I am reading a paper entitled Bernoulli Numbers Via Determinants by Hongwei Chen and I'm confused about a particular step. The author sets up a system of equations via the following: first let $B_n$ represent the $n$-th Bernoulli number. Then
$$x=(e^x-1)\sum_{n=0}^\infty B_n\frac{x^n}{n!}$$
Letting $b_n=B_n/n!$ and expanding we get
$$x=\left(x+\frac{x^2}{2!}+\frac{x^3}{3!}+...\right)\left(b_0+b_1x+b_2x^2+...\right)$$
Immediately we can see that $b_0=1$. Using Cauchy Products, we then obtain an infinite sequence of equations which are coefficients of the powers of $x$. But we don't need infinite, we can look at the system for coefficients up to $x^n$. Therefore
\begin{cases} b_1=-\frac{1}{2!} \\[2ex] \frac{b_1}{2!}+b_2=-\frac{1}{3!} \\[2ex] \frac{b_1}{3!}+\frac{b_2}{2!}+b_3=-\frac{1}{4!} \\[2ex] \vdots \\[2ex] \frac{b_1}{n!}+\frac{b_2}{(n-1)!}+...+b_n=-\frac{1}{(n+1)!} \\[2ex] \end{cases}
Then the author goes on to state that applying Cramers rule produces $$b_n= \begin{vmatrix} 1 & 0 & 0 & \cdots & -\frac{1}{2!} \\ \frac{1}{2!} & 1 & 0 & \cdots & -\frac{1}{3!} \\ \frac{1}{3!} & \frac{1}{2!} & 1 & \cdots & -\frac{1}{4!} \\ \vdots & \vdots & \vdots & \ddots & \vdots \\ \frac{1}{n!} & \frac{1}{(n-1)!} & \frac{1}{(n-2)!} & \cdots & -\frac{1}{(n+1)!} \\ \end{vmatrix} $$
Then
$$B_n=n! \begin{vmatrix} 1 & 0 & 0 & \cdots & -\frac{1}{2!} \\ \frac{1}{2!} & 1 & 0 & \cdots & -\frac{1}{3!} \\ \frac{1}{3!} & \frac{1}{2!} & 1 & \cdots & -\frac{1}{4!} \\ \vdots & \vdots & \vdots & \ddots & \vdots \\ \frac{1}{n!} & \frac{1}{(n-1)!} & \frac{1}{(n-2)!} & \cdots & -\frac{1}{(n+1)!} \\ \end{vmatrix} $$
And finally,
$$B_n=(-1)^n n! \begin{vmatrix} \frac{1}{2!} & 1 & 0 & \cdots & 0 \\ \frac{1}{3!} & \frac{1}{2!} & 1 & \cdots & 0 \\ \frac{1}{4!} & \frac{1}{3!} & \frac{1}{2!} & \cdots & 0 \\ \vdots & \vdots & \vdots & \ddots & \vdots \\ \frac{1}{(n+1)!} &\frac{1}{n!} & \frac{1}{(n-1)!} & \cdots & \frac{1}{2!} \\ \end{vmatrix} $$
Can someone please explain the last step?
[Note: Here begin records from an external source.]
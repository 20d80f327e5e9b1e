//! Reading the letters: the steps that they spell.

ghost use Rattle.std.specs.Prelude.{◌≡◌, ℕ, suc, ◌+◌, ◌-◌, ◌^◌, ◌<◌, ◌≤◌, List, ◌∷◌, ◌++◌, length, IfOk, IfErr, OnOk, Ok, MatchResult, IsTrue};
ghost use Rattle.proof_model.specs.ProofCode.{SpellsSteps, AreInRange, letter_fault, is_last, is_leading};
ghost use Rattle.compressed_proof.specs.Reading.{value_of, with_digit, with_last, what_of, pending, with_front, read_letters, FailsWith};
ghost use Rattle.compressed_proof.specs.Parts.{IsLetterFault};

use crate::fault::CodeFault;
use proof_model::{Step, What};
use std::alloc::{AllocError, Global};

/// What stands just before a letter: nothing, digits of a number, a step that may be marked, or a mark.
#[derive(Clone, Copy, PartialEq, Eq, Debug)]
pub(crate) enum Prior {
    Start,
    Digits(u64),
    Step(What),
    Mark,
}

fn value_of(prior: Prior) -> u64
    ensures { result ≡ value_of prior }
{
    match prior {
        Prior::Digits(value) => value,
        _ => 0,
    }
}

fn with_digit(prior: Prior, letter: u8) -> u64
    requires { IsTrue (is_leading letter) }
    ensures { result ≡ with_digit prior letter }
{
    value_of(prior)
        .saturating_mul(5)
        .saturating_add(u64::from(letter - 84))
}

fn with_last(prior: Prior, letter: u8) -> u64
    requires { IsTrue (is_last letter) }
    ensures { result ≡ with_last prior letter }
{
    value_of(prior)
        .saturating_mul(20)
        .saturating_add(u64::from(letter - 64))
}

/// What a number names: a mandatory hypothesis, else a label, else a marked step.
fn what_of(mandatory: u32, labels: u32, number: u64) -> What
    requires positive { 0 < number }
    requires in_range { number ≤ mandatory + labels + 2 ^ 32 }
    ensures { result ≡ what_of mandatory labels number }
{
    let (m, n) = (u64::from(mandatory), u64::from(labels));
    if number < m + 1 {
        What::Hyp((number - 1) as u32)
    } else if number < m + n + 1 {
        What::Listed((number - m - 1) as u32)
    } else {
        What::Again((number - m - n - 1) as u32)
    }
}

fn push_pending(steps: &mut Vec<Step>, prior: Prior) -> Result<(), AllocError>
    ensures { OnOk result (steps.new.items ≡ steps.old.items ++ pending prior) }
{
    if let Prior::Step(what) = prior {
        steps.push(Step {
            what,
            marked: false,
        })?;
    }
    Ok(())
}

/// What stands before a letter.
#[derive(Clone, Copy)]
struct Before {
    /// What stands just before it.
    prior: Prior,
    /// The number of marks.
    marks: u32,
}

/// Reads one letter: what stands before the next one.
#[tactic(auto, using(crate::proofs::Fronts::fronts))]
fn read_letter(
    steps: &mut Vec<Step>,
    mandatory: u32,
    labels: u32,
    before: Before,
    i: u32,
    letter: u8,
) -> Result<Before, CodeFault>
    requires { before.marks + 1 < 2 ^ 32 }
    ensures goes_on { IfOk result (λ next. (rest : List ℕ) →
        with_front steps.new.items (read_letters mandatory labels next.marks next.prior (suc i) rest)
        ≡ with_front steps.old.items (read_letters mandatory labels before.marks before.prior i (letter ∷ rest))) }
    ensures marks { IfOk result (λ next. next.marks ≤ before.marks + 1) }
    ensures fails { IfErr result (λ e. (rest : List ℕ) → FailsWith e (read_letters mandatory labels before.marks before.prior i (letter ∷ rest))) }
{
    let Before { prior, marks } = before;
    match letter {
        b'U'..=b'Y' => {
            push_pending(steps, prior)?;
            let prior = Prior::Digits(with_digit(prior, letter));
            Ok(Before { prior, marks })
        }
        b'A'..=b'T' => {
            let number = with_last(prior, letter);
            if number > u64::from(mandatory) + u64::from(labels) + u64::from(marks) {
                return Err(CodeFault::NumberTooLarge(i, number));
            }
            push_pending(steps, prior)?;
            let prior = Prior::Step(what_of(mandatory, labels, number));
            Ok(Before { prior, marks })
        }
        b'?' => {
            if let Prior::Digits(_) = prior {
                return Err(CodeFault::UnendedNumber(i));
            }
            push_pending(steps, prior)?;
            let prior = Prior::Step(What::Unknown);
            Ok(Before { prior, marks })
        }
        b'Z' => match prior {
            Prior::Start => Err(CodeFault::MarkAtStart(i)),
            Prior::Digits(_) => Err(CodeFault::UnendedNumber(i)),
            Prior::Mark => Err(CodeFault::MarkTwice(i)),
            Prior::Step(what) => {
                steps.push(Step { what, marked: true })?;
                Ok(Before {
                    prior: Prior::Mark,
                    marks: marks + 1,
                })
            }
        },
        _ => Err(CodeFault::BadLetter(i)),
    }
}

/// Reads letter by letter.
#[tactic(auto, using(crate::proofs::Fronts::fronts))]
fn read_letters(
    alloc: Global,
    letters: &[u8],
    mandatory: u32,
    labels: u32,
) -> Result<Vec<Step>, CodeFault>
    requires { length letters.now < 2 ^ 32 - 1 }
    ensures { MatchResult result (λ ss. read_letters mandatory labels 0 Prior.Start 0 letters.now ≡ Ok ss.items)
        (λ e. FailsWith e (read_letters mandatory labels 0 Prior.Start 0 letters.now)) }
{
    let mut steps = Vec::new(alloc);
    let mut before = Before {
        prior: Prior::Start,
        marks: 0,
    };
    for (i, letter) in letters.iter().enumerate() {
        before = read_letter(&mut steps, mandatory, labels, before, i as u32, *letter)?;
    }
    if let Prior::Digits(_) = before.prior {
        return Err(CodeFault::UnendedNumber(letters.len() as u32));
    }
    push_pending(&mut steps, before.prior)?;
    Ok(steps)
}

/// The steps that the letters spell, for so many mandatory hypotheses and labels, or the first fault.
pub(crate) fn read_steps(
    alloc: Global,
    letters: &[u8],
    mandatory: u32,
    labels: u32,
) -> Result<Vec<Step>, CodeFault>
    requires { length letters.now < 2 ^ 32 - 1 }
    ensures sound { OnOk result (letter_fault (mandatory + labels) letters.now ≡ None) }
    ensures spelled { IfOk result (λ steps. SpellsSteps mandatory labels letters.now steps.items) }
    ensures in_range { IfOk result (λ steps. AreInRange mandatory labels 0 steps.items) }
    ensures first_fault { IfErr result (λ e. IsLetterFault (mandatory + labels) letters.now e) }
{
    // Handed on by a `match`, which the checker follows.
    match read_letters(alloc, letters, mandatory, labels) {
        Ok(steps) => Ok(steps),
        Err(fault) => Err(fault),
    }
}
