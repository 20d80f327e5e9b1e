//! Laws of what the proofs of a written worksheet leave on the stack. Each is the contract of a function that does nothing.
#![tactic(auto)]

ghost use Rattle.std.specs.Prelude.{ℕ, List};
ghost use Rattle.mm_base.specs.declared.kinds.Kinds.{Kinds};
ghost use Rattle.mm_model.specs.Book.{Database};
ghost use Rattle.proof_model.specs.declared.theorem.Theorem.{Theorem};
ghost use Rattle.written_model.specs.declared.options.Options.{Options};
ghost use Rattle.written_model.specs.Written.{Writing};
ghost use Rattle.written_model.specs.ProofsPush.{TreeProofPushes, StepProofPushes, StepProofHasArities};
ghost use Rattle.push_laws.specs.QedProof.{QedProofIsAccepted, QedCodeIsRead};
ghost use Rattle.push_laws.specs.WrittenProof.{WrittenProofIsAccepted, UnfinishedHasNoProof};

use answer_laws::written_reads_back;

/// The proof of a tree pushes its typecode and its text.
pub fn tree_proof_pushes()
    ensures { (kinds : Kinds) (db : Database) (theorem : Theorem) → TreeProofPushes kinds db theorem }
{}

/// In a finished worksheet the proof of each step below `qed` pushes its formula, and each label in it has as many subproofs as
/// it takes hypotheses.
pub fn step_proof_pushes()
    ensures pushes { (db : Database) (text : List ℕ) (options : Options) (w : Writing) → StepProofPushes db text options w }
    ensures arities { (db : Database) (text : List ℕ) (options : Options) (w : Writing) → StepProofHasArities db text options w }
{}

/// The stack machine accepts the proof of a finished worksheet for the printed theorem with the printed pairs: its labels, and
/// its compressed code.
pub fn qed_proof_is_accepted()
    ensures { (db : Database) (text : List ℕ) (options : Options) (w : Writing) → QedProofIsAccepted db text options w }
{}

/// The compressed code of the proof of a finished worksheet can be written, and its text has no fault and spells it.
pub fn qed_code_is_read()
    ensures { (db : Database) (text : List ℕ) (options : Options) (w : Writing) → QedCodeIsRead db text options w }
{}

/// The written text of a finished worksheet without a late fault proves itself: the theorem and the proof are read back from
/// its bytes, and the stack machine accepts the proof for the theorem.
pub fn written_proof_is_accepted()
    ensures { (db : Database) (text : List ℕ) (options : Options) (w : Writing) → WrittenProofIsAccepted db text options w }
{
    written_reads_back();
}

/// The written text of an unfinished worksheet has no proof.
pub fn written_without_proof()
    ensures { (db : Database) (text : List ℕ) (options : Options) (w : Writing) → UnfinishedHasNoProof db text options w }
{
    written_reads_back();
}
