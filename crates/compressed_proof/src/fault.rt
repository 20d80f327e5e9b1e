use mm_base::{Memory, Name};
use std::alloc::{AllocError, AllocFailed};

/// Why a text is no proof code: the first fault, with its index, and what is told of it. The index is the number of the
/// label in the brackets, or of the letter behind them, from 0 and without white space. Labels are looked at first.
#[derive(Debug, Drop)]
pub enum CodeFault {
    /// A byte other than `A` to `Z` and `?`.
    BadLetter(u32),
    /// A number above the count of mandatory hypotheses, labels and marks so far, at its last letter; the number, or
    /// the largest of 64 bits where it is above that.
    NumberTooLarge(u32, u64),
    /// A `Z` before any step.
    MarkAtStart(u32),
    /// A `Z` just after a `Z`.
    MarkTwice(u32),
    /// A `Z`, a `?` or the end just after a letter `U` to `Y`; at the end the index is the number of letters.
    UnendedNumber(u32),
    /// The first word is not `(`, or there is no word `)`; the index is 0.
    NoBracket(u32),
    /// A label in the brackets that is a mandatory hypothesis.
    MandatoryListed(u32, Name),
    /// A label that stands before in the brackets.
    LabelTwice(u32, Name),
    /// Memory ran out.
    Memory,
}

impl From<Memory> for CodeFault {
    ghost use Rattle.std.specs.Prelude.{◌≡◌};
    ghost use Rattle.compressed_proof.specs.declared.fault.CodeFault.TheVariants.{Memory};

    ghost from_gives = { λ _ e. e ≡ Memory };

    fn from(_error: mm_base::Memory) -> Self {
        CodeFault::Memory
    }
}

impl From<AllocError> for CodeFault {
    ghost use Rattle.std.specs.Prelude.{◌≡◌};
    ghost use Rattle.compressed_proof.specs.declared.fault.CodeFault.TheVariants.{Memory};

    ghost from_gives = { λ _ e. e ≡ Memory };

    fn from(_error: AllocError) -> Self {
        CodeFault::Memory
    }
}

impl<T: Drop> From<AllocFailed<T>> for CodeFault {
    ghost use Rattle.std.specs.Prelude.{◌≡◌};
    ghost use Rattle.compressed_proof.specs.declared.fault.CodeFault.TheVariants.{Memory};

    ghost from_gives = { λ _ e. e ≡ Memory };

    fn from(_error: AllocFailed<T>) -> Self {
        CodeFault::Memory
    }
}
I just don't see how that last step comes from the previous. I figure it has something to do with properties of determinants, and i do know that $|cA|=c^n|A|$, but I don't see where that is coming from here.
Here is the answer:
If $c$ is a constant and $A$ is an $n \times n$ matrix, then $\det c A = c^n \det A$. Note that here $c$ multiplies all columns not just the first column. Now, if $c$ multiplies only one column then $\det [A_1, A_2, \cdots, c A_i, \cdots A_n]= c \det A$.
Now for the problem. The constant $c=-1$ only multiplies the first column after being rolled from the last place ($n-1$ swaps).
Then we have the total sign is $(-1)^{n-1} (-1) = (-1)^n$.